Software > Operating Systems and Porting
Debian / GNOME default sleep settings: guaranteed crash
pocock:
I did a fresh Debian install on one system and then left it at the GNOME login screen while making a phone call.
When I came back, the screen was frozen, SSH was not working any more but the CPUs and fans still active.
I rebooted it, checked the log and found that it had tried to sleep and managed to become frozen.
It is probably a good idea to track this with bug reports in both Debian and GNOME and change their default settings on ppc64le.

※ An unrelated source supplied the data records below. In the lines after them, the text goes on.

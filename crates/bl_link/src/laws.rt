//! Laws of linked parts and files, each the contract of a function that does nothing.

ghost use Rattle.std.specs.Prelude.{◌≡◌, ◌++◌, false, ℕ, List, length};
ghost use Rattle.bl_face.specs.declared.face.Face.{Face};
ghost use Rattle.bl_link.specs.declared.fault.LinkFault.{LinkFault};
ghost use Rattle.bl_link.specs.Files.{AreFilesOf, FailTogether, FailsAtFile};
ghost use Rattle.bl_link.specs.Fits.{PartsFit, faces_of, part_texts};
ghost use Rattle.bl_link.specs.Linked.{AreLinked, HaveTree, LinkStops};
ghost use Rattle.bl_link.specs.inner.Whole.{ArePartsOf};
ghost use Rattle.bl_module.specs.Faces.{items_of};
ghost use Rattle.bl_module.specs.Parts.{SeenPart};
ghost use Rattle.bl_module_laws.specs.Files.{AreGoodFiles};
ghost use Rattle.bl_parse_tree.specs.declared.raw.Raw.{Raw};
ghost use Rattle.bl_rules.specs.Rules.{TreePasses};
ghost use Rattle.bl_tree.specs.declared.place.Place.{Place};
ghost use Rattle.bl_tree.specs.declared.program.Program.{Program};
ghost use Rattle.bl_tree.specs.declared.rule.Rule.{Rule};
ghost use Rattle.bl_tree.specs.Rules.{tells_walk};

use bl_joined_laws::items::{joined_tokens_pass, joined_tokens_spell_joined_items};
use bl_joined_laws::tokens::joined_texts_have_joined_tokens;
use bl_lex::laws::tokens_are_one;
use bl_module::laws::{a_text_has_one_face, first_failing_is_one};
use bl_parse_laws::spelled::a_text_has_one_tree;

/// The joined texts of parts have one tree.
pub fn parts_have_one_tree()
    ensures some { (parts : List SeenPart) → ArePartsOf parts → (raw : Raw) × HaveTree (part_texts parts) raw }
    ensures one { (texts : List (List ℕ)) (raw other : Raw) → HaveTree texts raw → HaveTree texts other → raw ≡ other }
{
    joined_texts_have_joined_tokens();
    joined_tokens_spell_joined_items();
    joined_tokens_pass();
    tokens_are_one();
    a_text_has_one_tree();
}

/// Parts have one answer, want of memory aside: either they are linked, or one fault tells why they aren't. What is linked has one program.
pub fn parts_have_one_answer()
    ensures linked { (parts : List SeenPart) (raw : Raw) (fault : LinkFault) → PartsFit parts → HaveTree (part_texts parts) raw → TreePasses raw
        → LinkStops parts fault → fault ≡ LinkFault.NoMemory }
    ensures fault { (parts : List SeenPart) (fault other : LinkFault) → LinkStops parts fault → LinkStops parts other
        → ¬ (fault ≡ LinkFault.NoMemory) → ¬ (other ≡ LinkFault.NoMemory) → fault ≡ other }
    ensures program { (parts : List SeenPart) (one other : Program) → AreLinked parts one → AreLinked parts other
        → (one.structs ≡ other.structs) × ((one.units ≡ other.units) × (one.entry ≡ other.entry)) }
{
    tokens_are_one();
    a_text_has_one_tree();
}

/// Parts that fit are good files, each behind the faces of those before it.
pub fn parts_that_fit_are_good_files()
    ensures { (parts : List SeenPart) → ArePartsOf parts → PartsFit parts → AreGoodFiles (length parts) (part_texts parts) (faces_of parts) }
{}

/// Files end in one way: all are good and have a program; or a rule is the first that fails for one of them behind the faces of those before it,
/// at one place; or all are good, and a rule is the first that fails for the joined texts, at one place. Files behind the one that fails don't matter.
pub fn files_have_one_end()
    ensures faces { (count : ℕ) (texts : List (List ℕ)) (faces others : List Face) → AreGoodFiles count texts faces
        → AreGoodFiles count texts others → items_of faces ≡ items_of others }
    ensures good { (texts : List (List ℕ)) (faces : List Face) (file : ℕ) (rule : Rule) (place : Place) (also : List Place)
        → AreGoodFiles (length texts) texts faces → ¬ FailsAtFile (length texts) texts file rule place also }
    ensures file { (count : ℕ) (texts : List (List ℕ)) (file elsewhere : ℕ) (rule other : Rule) (place there : Place) (also further : List Place)
        → FailsAtFile count texts file rule place also → FailsAtFile count texts elsewhere other there further
        → (file ≡ elsewhere) × ((rule ≡ other) × (place ≡ there)) }
    ensures further { (count : ℕ) (texts : List (List ℕ)) (file elsewhere : ℕ) (rule other : Rule) (place there : Place) (also further : List Place)
        → FailsAtFile count texts file rule place also → FailsAtFile count texts elsewhere other there further
        → tells_walk rule ≡ false → also ≡ further }
    ensures more { (count : ℕ) (texts more : List (List ℕ)) (file : ℕ) (rule : Rule) (place : Place) (also : List Place)
        → FailsAtFile count texts file rule place also → FailsAtFile count (texts ++ more) file rule place also }
    ensures program { (texts : List (List ℕ)) (program : Program) (file : ℕ) (rule : Rule) (place : Place)
        → AreFilesOf texts program → ¬ FailTogether texts file rule place }
    ensures together { (texts : List (List ℕ)) (file elsewhere : ℕ) (rule other : Rule) (place there : Place)
        → FailTogether texts file rule place → FailTogether texts elsewhere other there
        → (file ≡ elsewhere) × ((rule ≡ other) × (place ≡ there)) }
{
    tokens_are_one();
    a_text_has_one_tree();
    a_text_has_one_face();
    first_failing_is_one();
}
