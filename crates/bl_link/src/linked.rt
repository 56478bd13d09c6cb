//! Parts linked.

ghost use Rattle.std.specs.Prelude.{◌≤◌, length, IfErr, IfOk};
ghost use Rattle.bl_link.specs.Fits.{PartsFit};
ghost use Rattle.bl_link.specs.Linked.{AreLinked, LinkStops};
ghost use Rattle.bl_rules_laws_sizes.specs.Small.{IsOfSmallTree};

use crate::fault::LinkFault;
use crate::fits::check_fit;
use crate::whole::{fault_of, join, tree_of};
use bl_joined_laws::items::joined_tokens_pass;
use bl_joined_laws::tokens::joined_texts_have_joined_tokens;
use bl_lex::laws::tokens_are_one;
use bl_module::Part;
use bl_module_laws::files::files_are_the_whole;
use bl_rules::{AcceptedSource, accept_raw};
use bl_rules_laws_sizes::programs_of_texts_are_small;
use bl_tree::NoMemory;
use std::alloc::Global;

/// The program of parts in order (docs/LANGUAGE.md, "Files and interfaces"). Nothing of the parts is copied but their bytes.
pub fn link(alloc: Global, parts: &[Part]) -> Result<AcceptedSource, LinkFault>
    requires some { 1 ≤ length parts.now }
    requires few { length parts.now ≤ 64 }
    ensures accepted { IfOk result (λ accepted. AreLinked parts.now accepted.program) }
    ensures of_small_tree { IfOk result (λ accepted. IsOfSmallTree accepted.program) }
    ensures fault { IfErr result (LinkStops parts.now) }
{
    match check_fit(parts) {
        Ok(()) => link_files(alloc, parts),
        Err(fault) => Err(fault),
    }
}

/// The program of parts that fit together.
fn link_files(alloc: Global, parts: &[Part]) -> Result<AcceptedSource, LinkFault>
    requires fit { PartsFit parts.now }
    requires some { 1 ≤ length parts.now }
    requires few { length parts.now ≤ 64 }
    ensures accepted { IfOk result (λ accepted. AreLinked parts.now accepted.program) }
    ensures of_small_tree { IfOk result (λ accepted. IsOfSmallTree accepted.program) }
    ensures fault { IfErr result (LinkStops parts.now) }
{
    joined_texts_have_joined_tokens();
    joined_tokens_pass();
    tokens_are_one();
    programs_of_texts_are_small();
    files_are_the_whole();
    let joined = match join(alloc, parts) {
        Ok(joined) => joined,
        Err(NoMemory) => return Err(LinkFault::NoMemory),
    };
    let tree = match tree_of(alloc, &joined) {
        Ok(tree) => tree,
        Err(NoMemory) => return Err(LinkFault::NoMemory),
    };
    match accept_raw(alloc, &tree) {
        Ok(accepted) => Ok(accepted),
        Err(refusal) => Err(fault_of(&joined, refusal)),
    }
}
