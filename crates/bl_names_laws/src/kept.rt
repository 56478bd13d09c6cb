//! Laws of named trees, each the contract of a function that does nothing.

ghost use Rattle.std.specs.Prelude.{◌≡◌, ℕ, List, IsTrue};
ghost use Rattle.std.specs.List.{list_all};
ghost use Rattle.bl_tree.specs.Words.{are_distinct, is_name};
ghost use Rattle.bl_parse_tree.specs.declared.item.RawItem.{RawItem};
ghost use Rattle.bl_parse_tree.specs.WellFormed.{RawIsWellFormed};
ghost use Rattle.bl_parse_tree.specs.Starts.{all_starts as raw_starts};
ghost use Rattle.bl_names_scopes.specs.Rules.{Passes};
ghost use Rattle.bl_names_tree.specs.Starts.{all_starts};
ghost use Rattle.bl_names.specs.Named.{named_program};
ghost use Rattle.bl_names_laws.specs.WellFormed.{NamedIsWellFormed, all_names, body_apart, body_filled, body_shallow, fields_differ, fields_named, parameters_differ};
ghost use Rattle.bl_names_laws.specs.WellFormed.{variables_named};

/// What a named tree keeps: names, filled lists, depth and the order of places follow from what its raw tree keeps, the rest from the
/// rules on names.
pub fn what_is_named_keeps()
    ensures names { (items : List RawItem) (bytes : ℕ) → RawIsWellFormed items → IsTrue (list_all is_name (all_names (named_program items bytes))) }
    ensures fields { (items : List RawItem) (bytes : ℕ) → RawIsWellFormed items → IsTrue (list_all fields_named (named_program items bytes).structs) }
    ensures variables { (items : List RawItem) (bytes : ℕ) → RawIsWellFormed items → IsTrue (list_all variables_named (named_program items bytes).units) }
    ensures filled { (items : List RawItem) (bytes : ℕ) → RawIsWellFormed items → IsTrue (list_all body_filled (named_program items bytes).units) }
    ensures shallow { (items : List RawItem) (bytes : ℕ) → RawIsWellFormed items → IsTrue (list_all body_shallow (named_program items bytes).units) }
    ensures distinct { (items : List RawItem) (bytes : ℕ) → Passes items → IsTrue (are_distinct (all_names (named_program items bytes))) }
    ensures distinct_fields { (items : List RawItem) (bytes : ℕ) → Passes items → IsTrue (list_all fields_differ (named_program items bytes).structs) }
    ensures distinct_parameters { (items : List RawItem) (bytes : ℕ) → Passes items →
        IsTrue (list_all parameters_differ (named_program items bytes).units) }
    ensures apart { (items : List RawItem) (bytes : ℕ) → Passes items → IsTrue (list_all body_apart (named_program items bytes).units) }
    ensures starts { (items : List RawItem) (bytes : ℕ) → all_starts (named_program items bytes) ≡ raw_starts items }
    ensures keeps { (items : List RawItem) (bytes : ℕ) → RawIsWellFormed items → Passes items → NamedIsWellFormed (named_program items bytes) }
{}
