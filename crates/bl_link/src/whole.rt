//! Parts as one text, with its tree.

ghost use Rattle.std.specs.Prelude.{◌≡◌, ℕ, ◌+◌, ◌<◌, ◌≤◌, ◌^◌, List, [], ◌∷◌, ◌++◌, length, IfOk, OnOk};
ghost use Rattle.bl_joined.specs.Joined.{IsJoined, IsJoinedOf};
ghost use Rattle.bl_link.specs.Fits.{part_texts};
ghost use Rattle.bl_link.specs.inner.Whole.{ArePartsOf, IsOfFew, IsReadable, TellsIn};
ghost use Rattle.bl_module.specs.Parts.{IsPart};
ghost use Rattle.bl_rules.specs.Rules.{Parses};

use crate::fault::LinkFault;
use bl_joined::Joined;
use bl_module::Part;
use bl_parse_syntax::laws::first_failure_is_one;
use bl_parse_wellformed::WellFormedTree;
use bl_tree::{NoMemory, Refusal};
use std::alloc::Global;

/// The texts of the parts, joined.
pub fn join(alloc: Global, parts: &[Part]) -> Result<Joined, NoMemory>
    requires few { length parts.now ≤ 64 }
    ensures joined { IfOk result (IsJoinedOf (part_texts parts.now)) }
    ensures parts { OnOk result (ArePartsOf parts.now) }
    ensures short { IfOk result (λ joined. length joined.text.items < 2 ^ 32) }
{
    let mut joined = Joined::new(alloc);
    for k in 0..parts.len() {
        add(alloc, &mut joined, &parts[k])?;
    }
    Ok(joined)
}

/// Adds the text of a part.
fn add(alloc: Global, joined: &mut Joined, part: &Part) -> Result<(), NoMemory>
    requires joined { IsJoined joined.old }
    requires room { length joined.old.text.items < 2 ^ 31 }
    ensures part { IsPart part.now }
    ensures added { OnOk result ((texts : List (List ℕ)) → IsJoinedOf texts joined.old → IsJoinedOf (texts ++ part.now.text ∷ []) joined.new) }
    ensures grown { OnOk result (length joined.new.text.items ≤ length joined.old.text.items + 1_048_577) }
{
    part.is_part();
    match joined.add(alloc, part.text()) {
        Ok(()) => Ok(()),
        Err(Refusal::NoMemory) => Err(NoMemory),
        Err(Refusal::Rule { .. }) => unreachable!(),
    }
}

/// The tree of the joined text.
pub fn tree_of(alloc: Global, joined: &Joined) -> Result<WellFormedTree, NoMemory>
    requires { IsReadable joined.now }
    ensures { IfOk result (λ tree. Parses joined.now.text.items tree.raw) }
{
    first_failure_is_one();
    match bl_parse_wellformed::parse(alloc, &joined.text, &joined.tokens) {
        Ok(tree) => Ok(tree),
        Err(Refusal::NoMemory) => Err(NoMemory),
        Err(Refusal::Rule { .. }) => unreachable!(),
    }
}

/// The fault that tells a refusal of the joined text, with its place in one of the texts.
pub fn fault_of(joined: &Joined, refusal: Refusal) -> LinkFault
    requires few { IsOfFew joined.now }
    ensures { (texts : List (List ℕ)) → 0 < length texts → IsJoinedOf texts joined.now → TellsIn texts refusal result }
{
    match refusal {
        Refusal::Rule { rule, place, .. } => {
            let own = joined.in_file(place);
            LinkFault::Rule {
                file: own.file as u32 + 1,
                rule,
                place: own.place,
            }
        }
        Refusal::NoMemory => LinkFault::NoMemory,
    }
}
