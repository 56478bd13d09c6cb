//! Why parts aren't linked.

use bl_tree::{Place, Rule};

/// Why parts aren't the files of an accepted program. Parts and files are counted from 1.
#[derive(Clone, Copy, PartialEq, Eq, Debug)]
pub enum LinkFault {
    /// The part of this number wasn't judged behind the faces of the parts before it.
    Face { part: u32 },
    /// The part of this number is the last and wasn't judged as the last file, or the other way round.
    Last { part: u32 },
    /// The first rule that fails for the joined texts, with the file in which its place begins, and the place there.
    Rule { file: u32, rule: Rule, place: Place },
    NoMemory,
}
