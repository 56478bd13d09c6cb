//! The law that each position is that of a bound declaration, as the contract of a function that does nothing.

ghost use Rattle.std.specs.Prelude.{ℕ, List};
ghost use Rattle.bl_parse_tree.specs.declared.item.RawItem.{RawItem};
ghost use Rattle.bl_names_scopes.specs.Rules.{Passes};
ghost use Rattle.bl_names.specs.Named.{named_program};
ghost use Rattle.bl_names_laws.specs.Bound.{UsesAreBound};

/// Where no rule on names fails, each use of a raw tree is bound to a declaration, and its position in the named tree leads to what is
/// declared there. The named tree is the one that `resolve` of `bl_names` answers, by its clauses `passes` and `named`.
pub fn positions_are_bound()
    ensures { (items : List RawItem) (bytes : ℕ) → Passes items → UsesAreBound items (named_program items bytes) }
{}
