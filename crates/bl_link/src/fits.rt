//! Whether parts are the files of one program.

ghost use Rattle.std.specs.Prelude.{◌↔◌, ◌<◌, ◌≤◌, length, IfErr, IfNone, IfSome, IsTrue, OnOk};
ghost use Rattle.bl_link.specs.Fits.{FaceFits, FacesFit, IsFirstMisfit, LastFits, LastsFit, PartsFit};
ghost use Rattle.bl_link.specs.Linked.{LinkStops};

use crate::fault::LinkFault;
use bl_module::Part;

/// Whether each part was judged behind the faces of those before it, and the last alone as the last file. Else the first that wasn't; all
/// faces are looked at first.
pub fn check_fit(parts: &[Part]) -> Result<(), LinkFault>
    requires few { length parts.now ≤ 64 }
    ensures fit { OnOk result (PartsFit parts.now) }
    ensures fault { IfErr result (LinkStops parts.now) }
{
    match first_wrong_face(parts) {
        Some(part) => Err(LinkFault::Face { part }),
        None => match first_wrong_last(parts) {
            Some(part) => Err(LinkFault::Last { part }),
            None => Ok(()),
        },
    }
}

fn first_wrong_face(parts: &[Part]) -> Option<u32>
    requires few { length parts.now ≤ 64 }
    ensures none { IfNone result (FacesFit parts.now) }
    ensures first { IfSome result (IsFirstMisfit (FaceFits parts.now) (length parts.now)) }
{
    for k in 0..parts.len() {
        if !face_fits(parts, k) {
            return Some(k as u32 + 1);
        }
    }
    None
}

fn first_wrong_last(parts: &[Part]) -> Option<u32>
    requires few { length parts.now ≤ 64 }
    ensures none { IfNone result (LastsFit parts.now) }
    ensures first { IfSome result (IsFirstMisfit (LastFits parts.now) (length parts.now)) }
{
    for k in 0..parts.len() {
        if !last_fits(parts, k) {
            return Some(k as u32 + 1);
        }
    }
    None
}

fn face_fits(parts: &[Part], k: usize) -> bool
    requires { k < length parts.now }
    ensures { IsTrue result ↔ FaceFits parts.now k }
{
    let uses = parts[k].uses();
    if uses.len() != k {
        return false;
    }
    for j in 0..k {
        if !uses[j].is_same(parts[j].face()) {
            return false;
        }
    }
    true
}

fn last_fits(parts: &[Part], k: usize) -> bool
    requires { k < length parts.now }
    ensures { IsTrue result ↔ LastFits parts.now k }
{
    parts[k].last() == (k + 1 == parts.len())
}
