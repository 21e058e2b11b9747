//! Reads the image on standard input and prints its text, after it was written and read so many times, for a clock
//! outside. Words: WRITES READS.
#![tactic(auto)]

use std::alloc::Global;
use std::env;
use std::io::{self, Error, ErrorKind, Read, Write};
use sup_wire::{Image, decode_image, encode_image_after};

fn main(rt: HostRuntime) -> io::Result<()> {
    let words: Vec<String> = env::args(&rt)?.skip(1).collect(rt.alloc())?;
    let (writes, reads) = counts_of(&words).ok_or(Error::from(ErrorKind::InvalidInput))?;
    let mut given = Vec::new(rt.alloc());
    rt.stdin().read_to_end(&mut given)?;
    let image = read_times(rt.alloc(), &given, reads)?;
    let text = written_times(rt.alloc(), &image, writes)?;
    rt.stdout().write_all(&text)
}

fn counts_of(words: &[String]) -> Option<(u32, u32)> {
    match words {
        [writes, reads] => Some((writes.parse().ok()?, reads.parse().ok()?)),
        _ => None,
    }
}

// The image, read once and so many times more.
fn read_times(alloc: Global, text: &[u8], times: u32) -> io::Result<Image> {
    for _ in 0..times {
        image_of(alloc, text)?;
    }
    image_of(alloc, text)
}

fn image_of(alloc: Global, text: &[u8]) -> io::Result<Image> {
    decode_image(alloc, text).map_err(|_| Error::from(ErrorKind::InvalidData))
}

// The image's text, written once and so many times more, always into the same buffer.
fn written_times(alloc: Global, image: &Image, times: u32) -> io::Result<Vec<u8>> {
    let mut text = Vec::new(alloc);
    for _ in 0..times {
        text = encode_image_after(text, image)?;
        text.clear();
    }
    let text = encode_image_after(text, image)?;
    Ok(text)
}
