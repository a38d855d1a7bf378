// The token sheet of a sentence that a call found, put into a lent buffer.
#![tactic(auto)]

ghost use Rattle.std.specs.Prelude.{◌+◌, ◌*◌, ◌≤◌, length};
ghost use Rattle.printing.specs.Printing.{Wrote, token_text_of, token_lines};
ghost use Rattle.text.specs.Output.{sentence_text};
ghost use Rattle.grammar.specs.Sentences.{spelled};

use grammar::{Sentence, Token};
use printing::{put_bytes, put_ended};
use sheets::Answer;

// A token line.
fn put_token(out: &mut [u8], at: usize, t: Token) -> usize
    requires { at + 18 ≤ length out.old }
    ensures wrote { Wrote out.old out.new at (token_text_of t) result }
    ensures upper_bound { result ≤ at + 18 }
{
    let a = put_ended(out, at, t.terminal as u32, 32);
    let b = put_ended(out, a, t.line.0 as u32, 32);
    put_ended(out, b, t.column.0 as u32, 10)
}

// The token lines of a sentence.
fn put_tokens(out: &mut [u8], at: usize, s: Sentence) -> usize
    requires count_bound { s.count ≤ 64 }
    requires count_in_bounds { at + 18 * s.count ≤ length out.old }
    ensures wrote { Wrote out.old out.new at (token_lines (spelled s)) result }
    ensures upper_bound { result ≤ at + 18 * s.count }
{
    let mut next = at;
    for t in &s.tokens[..s.count] {
        next = put_token(out, next, *t);
    }
    next
}

// The token sheet of a found sentence, where there is one.
pub fn put_sentence(out: &mut [u8], at: usize, a: Answer, s: Sentence) -> usize
    requires count_bound { s.count ≤ 64 }
    requires count_in_bounds { at + 14 + 18 * s.count ≤ length out.old }
    ensures { Wrote out.old out.new at (sentence_text a (spelled s))
        result }
{
    match a {
        Answer::None => at,
        Answer::One => at,
        Answer::Two => {
            let next = put_bytes(out, at, b"term line col\n");
            put_tokens(out, next, s)
        }
        Answer::Clear => at,
        Answer::Given => at,
        Answer::Refused(_) => at,
    }
}
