// What is wrong with a sheet's contents.
ghost use Rattle.std.specs.Prelude.{◌≡◌, ℕ, ◌*◌, ◌<◌, Bool, true, false, length, MatchResult};
ghost use Rattle.std.specs.Option.{option_map};
ghost use Rattle.std.specs.Result.{result_err};
ghost use Rattle.fault.specs.Faults.{judged};
ghost use Rattle.fault.specs.declared.faults.Fault.{Fault as AnyFault};
ghost use Rattle.fault.specs.declared.faults.Fault.TheVariants.{Contents, Letter as LetterFault, BodySize};
ghost use Rattle.wiring.specs.Lists.{or_else};
ghost use Rattle.sheet.specs.declared.letters.Letter.{Letter as Due};
ghost use Rattle.sheet.specs.declared.reading.Line.{Line as Found};
ghost use Rattle.sheet.specs.Lines.{line};
ghost use Rattle.sheet.specs.Contents.{all_there, has_letter, has_size, first_line, place_fault, sheet_fault, Told};

use crate::{Letter, Line, Reader};
use fault::Fault;

/// A sheet that has all the lines due.
#[derive(Clone, Copy)]
struct Lines<'a> {
    sheet: &'a [u8],
    due: &'a [Letter],
    ghost room: { 5 * length due.now < length sheet.now },
    ghost few: { length due.now < 256 },
}

impl<'a> Lines<'a> {
    /// The lines of a sheet, where its first byte counts those due and all of them are there.
    fn new(sheet: &'a [u8], due: &'a [Letter]) -> Result<Lines<'a>, Fault>
        ensures { MatchResult result (λ lines. (lines.sheet.now ≡ sheet.now) × (lines.due.now ≡ due.now) × (all_there due.now sheet.now ≡ true)) (λ fault. (fault ≡ Contents) × (all_there due.now sheet.now ≡ false)) }
    {
        match sheet {
            [count, lines @ ..] if *count as usize == due.len() && lines.len() >= 5 * due.len() =>
                Ok(Lines { sheet, due }),
            _ => Err(Fault::Contents),
        }
    }

    /// The first line that fails the test of its letter, where `passes` is what the test computes.
    fn first_failing<T: Fn(Letter, Line) -> bool>(&self, test: T) -> Option<u8>
        ghost passes: { Due → Found → Bool }
        requires callable { T.IsAlwaysCallable test }
        requires answers { (x : Due) (l : Found) (b : Bool) → T.post test x l b → b ≡ passes x l }
        ensures { (fault : ℕ → AnyFault) → option_map fault result ≡ first_line (λ i x. passes x (line self.now.sheet.now i)) fault 0 self.now.due.now }
    {
        let mut reader = Reader::new(self.sheet);
        for (place, letter) in self.due.iter().enumerate() {
            let line = reader.step().unwrap();
            if !test(*letter, line) {
                return Some(place as u8);
            }
        }
        None
    }

    // The two fault by different cases, which they make themselves: a second closure for that would be no plainer.

    /// Refuses the first line whose letter is not the one due.
    fn check_letters(&self) -> Result<(), Fault>
        ensures { result ≡ judged (first_line (has_letter self.now.sheet.now) LetterFault 0 self.now.due.now) }
    {
        match self.first_failing(|letter, line| line.letter == u8::from(letter)) {
            Some(line) => Err(Fault::Letter { line }),
            None => Ok(()),
        }
    }

    /// Refuses the first line whose body does not start where the last one ended; the last line, if its body does not end the sheet.
    fn check_places(&self) -> Result<(), Fault>
        ensures { result ≡ judged (place_fault self.now.due.now self.now.sheet.now) }
    {
        let mut reader = Reader::new(self.sheet);
        // Not by `first_failing`: the place that is due goes on from line to line.
        let mut place = 1 + 5 * self.due.len();
        for i in 0..self.due.len() {
            let line = reader.step().unwrap();
            if line.start as usize != place {
                return Err(Fault::BodyPlace { line: i as u8 });
            }
            place += line.size as usize;
        }
        if place == self.sheet.len() {
            return Ok(());
        }
        let last = self.due.len().saturating_sub(1);
        Err(Fault::BodyPlace { line: last as u8 })
    }

    /// Refuses the first line whose body has a length that its letter does not allow.
    fn check_sizes(&self) -> Result<(), Fault>
        ensures { result ≡ judged (first_line (has_size self.now.sheet.now) BodySize 0 self.now.due.now) }
    {
        match self.first_failing(|letter, line| letter.fits(line.size as usize)) {
            Some(line) => Err(Fault::BodySize { line }),
            None => Ok(()),
        }
    }

    /// The lowest number first, each over all lines.
    fn check(&self) -> Result<(), Fault>
        ensures { result ≡ judged (or_else (first_line (has_letter self.now.sheet.now) LetterFault 0 self.now.due.now) (or_else (place_fault self.now.due.now self.now.sheet.now) (first_line (has_size self.now.sheet.now) BodySize 0 self.now.due.now))) }
    {
        self.check_letters()?;
        self.check_places()?;
        self.check_sizes()
    }
}

/// Refuses what is wrong with the contents of a sheet that is to have lines with these letters.
pub fn check_contents(sheet: &[u8], due: &[Letter]) -> Result<(), Fault>
    ensures answer { result ≡ judged (sheet_fault due.now sheet.now) }
    ensures told { Told due.now sheet.now (result_err result) }
{
    Lines::new(sheet, due)?.check()
}
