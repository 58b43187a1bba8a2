// The letters of contents lines.
ghost use Rattle.std.specs.Prelude.{◌≡◌, Some, codes};
ghost use Rattle.std.specs.Result.{result_ok, IfErr};
ghost use Rattle.sheet.specs.Letters.{code, letter_of, fit_size};

use std::error::Error;
use std::fmt;

/// What a line's body holds: links, the number of nodes, the number of layers, or the cells of a plan.
#[derive(Clone, Copy, PartialEq, Eq, Debug)]
pub enum Letter {
    L,
    N,
    V,
    P,
}

impl Letter {
    /// Whether a body may have this length. The cells of a plan are held to its number of nodes instead.
    pub fn fits(self, size: usize) -> bool
        ensures { result ≡ fit_size self size }
    {
        match self {
            Letter::L => size % 2 == 0 && size <= 240,
            Letter::N | Letter::V => size == 1,
            Letter::P => true,
        }
    }
}

/// The byte that stands in the line.
impl From<Letter> for u8 {
    ghost from_gives = { λ letter byte. byte ≡ code letter };

    fn from(letter: Letter) -> u8 {
        match letter {
            Letter::L => b'L',
            Letter::N => b'N',
            Letter::V => b'V',
            Letter::P => b'P',
        }
    }
}

/// A byte that stands for no letter.
#[derive(Clone, Copy, PartialEq, Eq, Debug)]
pub struct UnknownLetter {
    pub byte: u8,
}

impl fmt::Display for UnknownLetter {
    ghost output = { λ _. Some (codes "no letter of a sheet") };

    fn fmt<W: fmt::Write>(&self, f: &mut fmt::Formatter<W>) -> fmt::Result {
        write!(f, "no letter of a sheet")
    }
}

impl Error for UnknownLetter {}

/// The letter that a byte stands for.
impl TryFrom<u8> for Letter {
    type Error = UnknownLetter;

    ghost try_from_gives = { λ byte r. (result_ok r ≡ letter_of byte) × IfErr r (λ unknown. unknown.byte ≡ byte) };

    fn try_from(byte: u8) -> Result<Letter, UnknownLetter> {
        match byte {
            b'L' => Ok(Letter::L),
            b'N' => Ok(Letter::N),
            b'V' => Ok(Letter::V),
            b'P' => Ok(Letter::P),
            _ => Err(UnknownLetter { byte }),
        }
    }
}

However, is there anything that can be done at a lower level, for example, in the kernel, to reject the sleep attempt rather than letting the system get into this frozen state? If that could make it appear stable for every OS it would be much better than fixing it in one distribution at a time.
It was kind of obvious to me what had happened before I even looked in the logs but I can imagine some users might get a fright
MauryG5:
Hi Daniel, I remember this happening to me when I was using Ubuntu in version 20.04. If I left the computer for a while without using it, it would go to sleep with a black screen but when I tried to restore it from that state, the computer never recovered and crashed completely and you had to restart it. On Debian it never happened to me to be honest, I thought at the time that it was one of the many small Ubuntu bugs on Power but on Debian honestly I never tried to make it go to stand-by and then resume it ...
pocock:
If you make a fresh install of Debian with GNOME and then go and look at the default Settings panel for Power, you will see "Power Saving" default setting
The Debian wiki has some notes about systems which should never go to sleep. In particular, they show some settings in systemd so it seems this can't just be fixed by changing the settings in GNOME
--- Code: ---sudo systemctl mask sleep.target suspend.target hibernate.target hybrid-sleep.target
--- End code ---
This default is one of many ways where systemd appears to diverge from a traditional UNIX-like system.
You can check the current status of a system by checking each of those targets with the status command:
--- Code: ---$ sudo systemctl status sleep.target
● sleep.target - Sleep
Loaded: loaded (/lib/systemd/system/sleep.target; static)
Active: inactive (dead)
Docs: man:systemd.special(7)
--- End code ---
and on a system where the target was disabled:
--- Code: ---$ sudo systemctl status sleep.target
● sleep.target
Loaded: masked (Reason: Unit sleep.target is masked.)
Active: inactive (dead)
[code]
--- End code ---
MauryG5:
Just today I accidentally hit a key dedicated to sleep on my keyboard and in fact it made the problem of going to sleep and then it never recovered, forcing me to restart everything. I gave that command you reported and in fact the result is: mauriziop9 @ debian: ~ $ sudo systemctl status sleep.target
[sudo] mauriziop9 password:
● sleep.target - Sleep
Loaded: loaded (/lib/systemd/system/sleep.target; static)
Active: inactive (dead)
Docs: man: systemd.special (7)
Corvidae:
This isn't the best solution because it requires recompiling the kernel, but if you disable CONFIG_SUSPEND in the kernel config it should make it impossible for it to happen. From what I can tell, the s2idle state linux provides when suspend is enabled "works" in that it enters that state, but wakeup sources don't seem to work, so you can never get out of it.